Chinese Physics C ( IF 3.6 ) Pub Date : 2021-07-26 , DOI: 10.1088/1674-1137/ac012b Douglas L. Bernardo 1 , Cristiano C. Bastos 2 , Antonio C. Pavo 1
A rovibrational model, including anharmonic, centrifugal, and Coriolis corrections, is used to calculate π, K,N, and Ʃ orbital and radial resonances. The four orbital excitations of the π meson correspond to the b(1235), π2(1670), b 3(2030), and π4(2250) resonances. Its first four radial excitations correspond to the π(1300), π(1800), π(2070), and π(2360) resonances. The orbital excitations of the K meson are interpreted as the K 1(1270), K 2(1770), K 3(2320), and K 4(2500) resonances; its radial excitations correspond to the K(1460) and K(1830) resonances. The N orbital excitations are identified with the N(1520), N(1680), N(2190), N(2220), and N(2600) resonances. The first four radial excitations of the N family correspond to the N(1440), N(1880), N(2100), and N(2300) resonances. The orbital excitations of the Ʃ baryon are associated with the Ʃ(1670), Ʃ(1915), Ʃ(2100), and Ʃ(2250) resonances, whereas its radial excitations are identified with the Ʃ(1660), Ʃ(1770), and Ʃ(1880) resonances.

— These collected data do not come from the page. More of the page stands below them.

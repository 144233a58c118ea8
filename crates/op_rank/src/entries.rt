//! Values beside the places of their groups.
ghost use Rattle.op_rank.specs.Entries.{AreNumberEntries, entry_of};
ghost use Rattle.std.specs.Prelude.{◌≡◌, length, map, OnOk};
ghost use Rattle.step_batch.specs.Lent.{SlotsRise};

use crate::contenders::number_at;
use std::alloc::AllocError;
use step_batch::Slot;
use xfrac::XFrac;
use xfrac::laws::is_number;

/// A value beside the place of its group.
#[derive(Clone, Copy, Debug)]
pub(crate) struct Entry {
    pub group: usize,
    pub value: XFrac,
}

/// Lists the values beside the places of their groups, in the place of what was listed.
pub(crate) fn list(
    entries: &mut Vec<Entry>,
    groups: &[usize],
    slots: &[Slot],
) -> Result<(), AllocError>
    requires { SlotsRise 0 (length groups.now) slots.now }
    ensures list { OnOk result (entries.new.items ≡ map (entry_of groups.now) slots.now) }
    ensures numbers { OnOk result (AreNumberEntries entries.new.items) }
{
    entries.clear();
    for i in 0..slots.len() {
        let slot = &slots[i];
        is_number(&slot.value);
        let group = number_at(groups, slot);
        entries.push(Entry {
            group,
            value: slot.value,
        })?;
    }
    Ok(())
}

The proposed rovibrational model calculations show a good agreement with the corresponding experimental values and allow for the prediction of hadron resonances, thereby proving to be useful for the interpretation of excited hadron spectra.
中文翻译:
强子共振作为振动状态 由巴西资助机构 CNPq – Conselho Nacional de Desenvolvimento Cientfico e Tecnolgico 和 CAPES – Coordenao de Aperfeioamento de Pessoal de Nvel Superior 提供支持
包括非谐波、离心和科里奥利校正在内的振动模型用于计算 π、K、N和 Ʃ 轨道和径向共振。π 介子的四个轨道激发对应于b (1235)、π 2 (1670)、b 3 (2030) 和 π 4 (2250) 共振。它的前四个径向激发对应于 π(1300)、π(1800)、π(2070) 和 π(2360) 共振。K介子的轨道激发被解释为K 1 (1270)、K 2 (1770)、K 3 (2320) 和K 4(2500) 共振;其径向激发对应于K (1460) 和K (1830) 共振。所述Ñ轨道激励被确定了与Ñ(1520),Ñ(1680),Ñ(2190),Ñ(2220),和Ñ(2600)共振。N族的前四个径向激发对应于N (1440)、N (1880)、N (2100) 和N(2300) 共振。Ʃ重子的轨道激发与Ʃ(1670)、Ʃ(1915)、Ʃ(2100)和Ʃ(2250)共振有关,而其径向激发与Ʃ(1660)、Ʃ(1770)有关, 和Ʃ(1880) 共振。提出的振动模型计算与相应的实验值非常吻合,可以预测强子共振,从而证明对解释激发的强子光谱很有用。